• [What to do] Which lines in the data below contain the string "that"? Show each one.
══ Source records ══
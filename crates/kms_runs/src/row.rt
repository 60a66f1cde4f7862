// A run over a host in memory.
ghost use Rattle.std.specs.Prelude.{◌≡◌, IfOk, false};
ghost use Rattle.kms_host.specs.History.{WhereTold};
ghost use Rattle.kms_host.specs.Line.{IsOpen};
ghost use Rattle.kms_host.specs.Store.{is_attached};

use kms_host::{Bytes, Count, MemoryHost, NoMemory, Purpose};
use kms_serve::{Status, run};
use std::alloc::{AllocError, Global};

// The moment that is told: 1985-10-26T08:20:00Z, in seconds since 1970.
const MOMENT: u64 = 499_162_800;

// The bytes that are drawn for the tag of a store.
const DRAWN: [u8; 8] = [0x01, 0x23, 0x45, 0x67, 0x89, 0xab, 0xcd, 0xef];

/// What a run is given.
#[derive(Clone, Copy)]
pub struct Row<'a> {
    /// the words of the command line
    pub words: &'a [&'a str],
    /// the text of the key file `k`; where there is none, that can't be read
    pub keys: Option<&'a [u8]>,
    /// the store's files
    pub file_0: &'a [u8],
    pub file_1: &'a [u8],
    /// what line 0 brings
    pub line: &'a [u8],
    /// how many bytes of it at once, at most; 0 is taken for 1
    pub piece: usize,
    /// the count of which a call fails, and which call of it, from 1
    pub fault: Option<(Count, u64)>,
    /// how many calls of the store pass, if all later ones fail
    pub passing: Option<u64>,
}

fn owned(alloc: Global, texts: &[&str]) -> Result<Vec<String>, AllocError> {
    let mut words = Vec::new(alloc);
    for text in texts {
        words.push(String::from_str(alloc, *text)?)?;
    }
    Ok(words)
}

// The host that a row describes, on which nothing was called.
fn host(alloc: Global, row: Row<'_>) -> Result<MemoryHost, NoMemory>
    ensures line { IfOk result (λ m. WhereTold m.history (IsOpen 0)) }
    ensures store { IfOk result (λ m. WhereTold m.history (λ h. is_attached h.calls ≡ false)) }
{
    let files = [Bytes::of(alloc, row.file_0)?, Bytes::of(alloc, row.file_1)?];
    let mut host = MemoryHost::restart(alloc, files)?;
    if let Some(text) = row.keys {
        host.key_file("k", text)?;
    }
    host.line(row.line, if row.piece == 0 { 1 } else { row.piece })?;
    host.moment(MOMENT)?;
    host.random(Purpose::Tag, &DRAWN)?;
    if let Some((count, nth)) = row.fault {
        host.fail(count, nth)?;
    }
    if let Some(calls) = row.passing {
        host.fuse(calls);
    }
    Ok(host)
}

/// How the run of a row ends, and the host after it.
pub fn ran(alloc: Global, row: Row<'_>) -> Result<(Status, MemoryHost), NoMemory> {
    let words = owned(alloc, row.words)?;
    let mut host = host(alloc, row)?;
    let ended = run(alloc, &words, &mut host);
    Ok((ended, host))
}

/// How two runs over the host of a row end, of which the first makes the store `s` and the second serves it, and the host
/// after both. The row's words are not looked at.
pub fn made_and_served(
    alloc: Global,
    row: Row<'_>,
) -> Result<(Status, Status, MemoryHost), NoMemory> {
    let make = [
        String::from_str(alloc, "init")?,
        String::from_str(alloc, "--store")?,
        String::from_str(alloc, "s")?,
    ];
    let serve = [
        String::from_str(alloc, "pipe")?,
        String::from_str(alloc, "--store")?,
        String::from_str(alloc, "s")?,
        String::from_str(alloc, "--keys")?,
        String::from_str(alloc, "k")?,
        String::from_str(alloc, "--endpoint")?,
        String::from_str(alloc, "http://k/v1")?,
    ];
    let mut host = host(alloc, row)?;
    let made = run(alloc, &make, &mut host);
    let served = run(alloc, &serve, &mut host);
    Ok((made, served, host))
}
═══
• [Written reply]
// The moment that is told: 1985-10-26T08:20:00Z, in seconds since 1970.
// The bytes that are drawn for the tag of a store.
    /// the text of the key file `k`; where there is none, that can't be read
// The host that a row describes, on which nothing was called.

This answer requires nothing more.